NT2 sounds very interesting! Does it generate the loops given calls into generic code?
Let me try to clarify my thinking about boost.simd a bit.
- There is a place for boost.simd. It's important that I emphasize this upfront.
- Here is how I see a typical programmer using it, given a loop nest:
- Programmer tries to run the compiler on it, examines code - Code sometimes (maybe most of the time) executes poorly - If not, done
- Programmer restructures loop nest to expose parallelism - Try compiler directives first, if available (tell compiler which loops to interchange, where to cache block, blocking factors, which loops to collapse, etc.) - Otherwise, hand-restructure (ouch!)

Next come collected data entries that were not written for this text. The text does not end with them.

//! Writes an entry as bytes.
//!
//! Each function appends to a vector that has enough capacity, so none of them allocates memory.
ghost use Rattle.std.specs.Prelude.{◌≡◌, ◌+◌, ◌<◌, ◌≤◌, ◌++◌, ◌∷◌, [], All, length, vec_len};
ghost use Rattle.std.specs.Prelude.{vec_capacity};
ghost use Rattle.be_entry_bytes.specs.Encoding as spec;

use crate::ranges::{ops_can_be, outcomes_can_be};
use be_value::Value;
use be_volume::{Done, Op};

/// Appends these bytes.
fn write_bytes(bytes: &mut Vec<u8>, part: &[u8])
    requires room { vec_len bytes.old + length part.now ≤ vec_capacity bytes.old }
    ensures appends { bytes.new.items ≡ bytes.old.items ++ part.now }
    ensures len { vec_len bytes.new ≡ vec_len bytes.old + length part.now }
    ensures room { vec_capacity bytes.old ≤ vec_capacity bytes.new }
{
    // The vector has enough capacity.
    let _ = bytes.extend_from_slice(part);
}

/// Appends a number. A number below 253 takes one byte; any other takes a byte that gives its
/// length, followed by 2, 4 or 8 bytes.
#[tactic(auto, unfolding(crate::specs::Encoding::number_bytes))]
fn write_number(bytes: &mut Vec<u8>, n: u64)
    requires room { vec_len bytes.old + length (spec.number_bytes n) ≤ vec_capacity bytes.old }
    ensures appends { bytes.new.items ≡ bytes.old.items ++ spec.number_bytes n }
    ensures len { vec_len bytes.new ≡ vec_len bytes.old + length (spec.number_bytes n) }
    ensures room { vec_capacity bytes.old ≤ vec_capacity bytes.new }
{
    if n < 253 {
        bytes.push_reserved(n as u8);
    } else if n < 1 << 16 {
        bytes.push_reserved(253);
        write_bytes(bytes, &(n as u16).to_be_bytes());
    } else if n < 1 << 32 {
        bytes.push_reserved(254);
        write_bytes(bytes, &(n as u32).to_be_bytes());
    } else {
        bytes.push_reserved(255);
        write_bytes(bytes, &n.to_be_bytes());
    }
}

#[tactic(auto, unfolding(crate::specs::Encoding::counted_bytes))]
fn write_counted(bytes: &mut Vec<u8>, part: &[u8])
    requires room { vec_len bytes.old + length (spec.counted_bytes part.now)
        ≤ vec_capacity bytes.old }
    ensures appends { bytes.new.items ≡ bytes.old.items ++ spec.counted_bytes part.now }
    ensures len { vec_len bytes.new ≡ vec_len bytes.old + length (spec.counted_bytes part.now) }
    ensures room { vec_capacity bytes.old ≤ vec_capacity bytes.new }
{
    write_number(bytes, part.len() as u64);
    write_bytes(bytes, part);
}

/// Appends the byte of a kind and a number.
fn write_kind_number(bytes: &mut Vec<u8>, first: u8, n: u64)
    requires room { vec_len bytes.old + length (first ∷ spec.number_bytes n)
        ≤ vec_capacity bytes.old }
    ensures appends { bytes.new.items ≡ bytes.old.items ++ first ∷ spec.number_bytes n }
    ensures len { vec_len bytes.new ≡ vec_len bytes.old + length (first ∷ spec.number_bytes n) }
    ensures room { vec_capacity bytes.old ≤ vec_capacity bytes.new }
{
    bytes.push_reserved(first);
    write_number(bytes, n);
}

/// Appends the byte of a kind, then the number of bytes, and then the bytes.
fn write_kind_bytes(bytes: &mut Vec<u8>, first: u8, part: &[u8])
    requires room { vec_len bytes.old + length (first ∷ spec.counted_bytes part.now)
        ≤ vec_capacity bytes.old }
    ensures appends { bytes.new.items ≡ bytes.old.items ++ first ∷ spec.counted_bytes part.now }
    ensures len { vec_len bytes.new ≡ vec_len bytes.old
        + length (first ∷ spec.counted_bytes part.now) }
    ensures room { vec_capacity bytes.old ≤ vec_capacity bytes.new }
{
    bytes.push_reserved(first);
    write_counted(bytes, part);
}

/// The byte that precedes a signed number.
fn sign_byte(kind: u8, n: i64) -> u8
    requires { kind < 128 }
    ensures { result ≡ spec.sign_byte kind n }
{
    if n < 0 { kind + 128 } else { kind }
}

/// A signed number without its sign.
fn magnitude(n: i64) -> u64
    ensures { result ≡ spec.magnitude n }
{
    if n < 0 { (-1 - n) as u64 } else { n as u64 }
}

/// Appends a value: the byte of its kind, and then its number or its bytes.
#[tactic(auto, unfolding(crate::specs::Encoding::value_bytes))]
fn write_value(bytes: &mut Vec<u8>, value: &Value)
    requires room { vec_len bytes.old + length (spec.value_bytes value.now)
        ≤ vec_capacity bytes.old }
    ensures appends { bytes.new.items ≡ bytes.old.items ++ spec.value_bytes value.now }
    ensures len { vec_len bytes.new ≡ vec_len bytes.old + length (spec.value_bytes value.now) }
    ensures room { vec_capacity bytes.old ≤ vec_capacity bytes.new }
{
    match value {
        Value::Cstr(text) => write_kind_bytes(bytes, 1, text.as_str().as_bytes()),
        Value::Long(n) => {
            let n = i64::from(*n);
            write_kind_number(bytes, sign_byte(2, n), magnitude(n))
        }
        Value::Llng(n) => write_kind_number(bytes, sign_byte(3, *n), magnitude(*n)),
        Value::Mims(text) => write_kind_bytes(bytes, 4, text.as_str().as_bytes()),
        Value::Rawt(raw) => write_kind_bytes(bytes, 5, raw.as_slice()),
        Value::Ulng(n) => write_kind_number(bytes, 6, u64::from(*n)),
        Value::Ullg(n) => write_kind_number(bytes, 7, *n),
    }
}

/// The number of an operation's form.
fn form_of(op: &Op) -> u8
    ensures form { result ≡ spec.form_of op.now }
    ensures small { result < 128 }
{
    match op {
        Op::New => 0,
        Op::Drop(_) => 1,
        Op::Set(_, _, _) => 2,
        Op::Unset(_, _) => 3,
        Op::MkIndex(_, _) => 4,
        Op::RmIndex(_) => 5,
    }
}

/// Appends an operation without its form.
#[tactic(auto, unfolding(crate::specs::Encoding::op_bytes))]
fn write_op(bytes: &mut Vec<u8>, op: &Op)
    requires room { vec_len bytes.old + length (spec.op_bytes op.now) ≤ vec_capacity bytes.old }
    ensures appends { bytes.new.items ≡ bytes.old.items ++ spec.op_bytes op.now }
    ensures len { vec_len bytes.new ≡ vec_len bytes.old + length (spec.op_bytes op.now) }
    ensures room { vec_capacity bytes.old ≤ vec_capacity bytes.new }
{
    match op {
        Op::New => {}
        Op::Drop(node) => write_number(bytes, *node),
        Op::Set(node, name, value) => {
            write_number(bytes, *node);
            write_counted(bytes, name.as_str().as_bytes());
            write_value(bytes, value);
        }
        Op::Unset(node, name) => {
            write_number(bytes, *node);
            write_counted(bytes, name.as_str().as_bytes());
        }
        Op::MkIndex(name, kind) => {
            write_counted(bytes, name.as_str().as_bytes());
            bytes.push_reserved(kind.number());
        }
        Op::RmIndex(name) => write_counted(bytes, name.as_str().as_bytes()),
    }
}

/// Appends an operation and its outcome.
#[tactic(auto, unfolding(crate::specs::Encoding::step_bytes))]
fn write_step(bytes: &mut Vec<u8>, op: &Op, done: &Done)
    requires room { vec_len bytes.old + length (spec.step_bytes op.now done.now)
        ≤ vec_capacity bytes.old }
    ensures appends { bytes.new.items ≡ bytes.old.items ++ spec.step_bytes op.now done.now }
    ensures len { vec_len bytes.new ≡ vec_len bytes.old + length (spec.step_bytes op.now done.now) }
    ensures room { vec_capacity bytes.old ≤ vec_capacity bytes.new }
{
    match done {
        Done::Node(node) => {
            bytes.push_reserved(form_of(op) + 128);
            write_op(bytes, op);
            write_number(bytes, *node);
        }
        Done::Unit => {
            bytes.push_reserved(form_of(op));
            write_op(bytes, op);
        }
    }
}

fn write_steps(bytes: &mut Vec<u8>, ops: &[Op], dones: &[Done])
    requires each { length dones.now ≡ length ops.now }
    requires room { vec_len bytes.old + length (spec.steps_bytes ops.now dones.now)
        ≤ vec_capacity bytes.old }
    ensures appends { bytes.new.items ≡ bytes.old.items ++ spec.steps_bytes ops.now dones.now }
    ensures room { vec_capacity bytes.old ≤ vec_capacity bytes.new }
{
    for i in 0..ops.len() {
        write_step(bytes, &ops[i], &dones[i]);
    }
}

#[tactic(auto, unfolding(crate::specs::Encoding::entry_bytes))]
fn write_parts(bytes: &mut Vec<u8>, by: u64, ops: &[Op], dones: &[Done])
    requires each { length dones.now ≡ length ops.now }
    requires room { vec_len bytes.old + length (spec.entry_bytes by ops.now dones.now)
        ≤ vec_capacity bytes.old }
    ensures appends { bytes.new.items ≡ bytes.old.items ++ spec.entry_bytes by ops.now dones.now }
    ensures room { vec_capacity bytes.old ≤ vec_capacity bytes.new }
{
    write_number(bytes, by);
    write_number(bytes, ops.len() as u64);
    write_steps(bytes, ops, dones);
}

/// The maximum number of bytes that an entry with this many operations takes.
pub fn most_bytes(count: usize) -> usize
    requires { count ≤ 64 }
    ensures { result ≡ spec.most_bytes count }
{
    18 + 356 * count
}

/// Appends an entry to a vector that has capacity for the longest entry with the same number of
/// operations. It allocates nothing, and its cost grows with the entry's length. `read_entry` reads
/// back the entry that it appends.
pub fn write_entry(bytes: &mut Vec<u8>, by: u64, ops: &[Op], dones: &[Done])
    requires few { length ops.now ≤ 64 }
    requires each { length dones.now ≡ length ops.now }
    requires room { vec_len bytes.old + spec.most_bytes (length ops.now) ≤ vec_capacity bytes.old }
    ensures appends { bytes.new.items ≡ bytes.old.items ++ spec.entry_bytes by ops.now dones.now }
    ensures room { vec_capacity bytes.old ≤ vec_capacity bytes.new }
    ensures can_be { spec.CanBeEntry by ops.now dones.now }
{
    ops_can_be(ops);
    outcomes_can_be(dones);
    write_parts(bytes, by, ops, dones);
}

- Programmer tries compiler again on restructured loop nest - Code may execute poorly - If not, done
- Programmer adds directives to tell the compiler which loops to vectorize, which to leave scalar, etc. - Code may still execute poorly - If not, done
- Programmer uses boost.simd to write vector code at a higher level than provided compiler intrinsics
Does that seem like a reasonable use case?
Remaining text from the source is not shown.